9. Historical interpretation
Taken together, these results strongly support the following scenario:
- ~94–96% ancestry from populations genetically very similar to Roman and Late Roman inhabitants of Portugal, who themselves already carried the Bronze Age, Iron Age Celtic, Roman, and limited early Germanic ancestry characteristic of northwest Iberia.
- ~4–6% Sub-Saharan African ancestry, consistent with colonial-era admixture in Brazil.
- No convincing statistical evidence that an additional, discrete Saxon, Viking, or Carolingian source is needed once an appropriate Northwest Iberian proxy is included.

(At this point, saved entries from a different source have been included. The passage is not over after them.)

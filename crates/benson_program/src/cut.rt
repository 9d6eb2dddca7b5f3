//! The cut that an optimum of Benson's program is.
ghost use Rattle.std.specs.Prelude.{◌≡◌, ℕ, List, [], map, length, IfOk, IfErr};
ghost use Rattle.exact_field.specs.Rational.{ℚ};
ghost use Rattle.exact_field.specs.Vector.{dot};
ghost use Rattle.benson_program.specs.Cuts.{IsCutOf};
ghost use Rattle.benson_program.specs.Ends.{IsOptimumAt, StandForSome};
ghost use Rattle.overflows.specs.Products.{IsBaseU};
ghost use Rattle.overflows.specs.Settings.{Knows, Setting};
ghost use Rattle.lp_form.specs.Data.{IsDataOf};
ghost use Rattle.lp_form.specs.Programs.{benson_system};
ghost use Rattle.overflows.specs.Faults.{Overflows};
ghost use Rattle.vlp_problem.specs.Sides.{side_bounds};
ghost use Rattle.vlp_problem.specs.declared.problem.Problem.{Problem as File};

use crate::solving::benson_name;
use exact_field::Field;
use lp_form::{Cut, Data, SideOf, parts};
use overflows::{SolveFault, sum_of_products, term_fault};
use src_sink::{Items, NoMemory};
use std::alloc::Global;

/// The bounds of the sides.
fn bounds<F: Field>(alloc: Global, sides: &[SideOf<F>]) -> Result<Items<F>, NoMemory>
    ensures { IfOk result (λ bounds. map F.value bounds ≡ map (λ s. F.value s.beta) sides.now) }
{
    let mut bounds = Items::new(alloc);
    for side in sides {
        bounds.push(side.beta)?;
    }
    Ok(bounds)
}

/// The bound that multipliers of the sides prove.
fn bound_of<F: Field>(alloc: Global, form: &Data<F>, u: &[F]) -> Result<F, SolveFault>
    requires { length u.now ≡ length form.now.sides }
    ensures ok { (file : File) → IsDataOf F.value file form.now
        → IfOk result (λ gamma. F.value gamma ≡ dot (side_bounds file) (map F.value u.now)) }
    ensures left { (s : Setting) → IsDataOf F.value s.file form.now → IsBaseU s (map F.value u.now)
        → IfErr result (Overflows F.holds s []) }
{
    let bounds = bounds(alloc, form.sides.as_slice())?;
    match sum_of_products(bounds.as_slice(), u) {
        Ok(gamma) => Ok(gamma),
        Err(fault) => Err(term_fault(alloc, fault, Items::new(alloc))),
    }
}

/// The cut that an optimum `z` of Benson's program at `v` says: its w, without a sum, and the bound
/// that its u proves.
pub fn cut_of<F: Field>(
    alloc: Global,
    form: &Data<F>,
    c: &[F],
    v: &[F],
    t: bool,
    z: &[F],
) -> Result<Cut<F>, SolveFault>
    requires stands { StandForSome F.value form.now }
    requires c { length c.now ≡ length form.now.p }
    requires v { length v.now ≡ length form.now.p }
    requires optimum { (file : File) → IsDataOf F.value file form.now
        → (basis : List ℕ) × (y : List ℚ)
        × IsOptimumAt (benson_system file (map F.value c.now) (map F.value v.now) t) basis
        (map F.value z.now) y }
    ensures ok { (file : File) → IsDataOf F.value file form.now
        → IfOk result (IsCutOf F.value file (map F.value c.now) (map F.value z.now)) }
    ensures left { (s : Setting) → IsDataOf F.value s.file form.now → Knows s (map F.value c.now)
        → IfErr result (Overflows F.holds s []) }
{
    let name = benson_name(alloc, v, t)?;
    let read = parts(alloc, form, &name, z)?;
    let gamma = bound_of(alloc, form, read.u.as_slice())?;
    Ok(Cut {
        w: read.w,
        gamma,
        u: read.u,
        v: read.v,
    })
}
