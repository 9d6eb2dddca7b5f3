//! What an end of the linear programs `Feasible` and `Benson` shows of a problem. Each function is
//! a law: it does nothing, and its contract is the statement.
ghost use Rattle.benson_program.specs.Laws.{AnswersExclude, BensonBounded, BensonCut, BensonPreimage, BensonWhole, FeasibleEnds};

/// The ends of the program that asks whether the sides contradict each other.
pub fn feasible_ends()
    ensures { FeasibleEnds }
{}

/// An optimum of Benson's program is a cut.
pub fn benson_cut()
    ensures { BensonCut }
{}

/// Its multipliers are a pre-image of the start vector, where the value is not positive.
pub fn benson_preimage()
    ensures { BensonPreimage }
{}

/// Benson's program has no solution only where the image is everything, or empty.
pub fn benson_whole()
    ensures { BensonWhole }
{}

/// Where the duality vector is interior to the ordering cone, Benson's program is bounded.
pub fn benson_bounded()
    ensures { BensonBounded }
{}

/// Answers that exclude each other.
pub fn answers_exclude()
    ensures { AnswersExclude }
{}
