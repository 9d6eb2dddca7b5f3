//! How the programs of the sides end.
use src_sink::Items;

/// How the program ends that asks whether the sides contradict each other.
#[derive(Debug, Drop)]
pub enum FeasibleEnd<F: Drop> {
    /// They do, by a multiplier of at least 0 for each side (Farkas).
    Contradiction { u: Items<F> },
    /// They do not, and this point meets them all.
    Point { x: Items<F> },
}

/// How Benson's program ends.
#[derive(Debug, Drop)]
pub enum BensonEnd<F: Drop> {
    /// A solution of the greatest cost, and the multipliers that show it.
    Optimal {
        /// A value for each unknown.
        z: Items<F>,
        /// A multiplier for each equation.
        dual: Items<F>,
        /// The basis at which both are read off.
        basis: Items<u32>,
    },
    /// The equations have no solution without a negative entry.
    Empty {
        /// A multiplier for each equation, which show it (Farkas).
        dual: Items<F>,
        /// The basis at which they are read off.
        basis: Items<u32>,
    },
}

This aligns very well with your documented family origins in northern Portugal, Galicia, Asturias, and Cantabria. Those regions were genetically quite homogeneous by the Late Roman and Early Medieval periods, and the Portuguese Roman samples you're using appear to be good proxies for that broader Northwest Iberian ancestry.
Final conclusion
From a qpAdm perspective, the most parsimonious interpretation is:
- Northwest Iberian (Roman/Late Roman Portuguese proxy): ~94–96%
- Sub-Saharan African: ~4–6%
The additional Saxon, Viking, Carolingian, or Hellenistic components seen in more complex models are best interpreted as
alternative statistical representations of ancestry already present within Northwest Iberian populations, rather than evidence of separate recent ancestral contributions.
Overall, this is a very coherent and statistically consistent set of qpAdm results. The simple two-way models are both the most stable and the most biologically plausible explanation of your ancestry.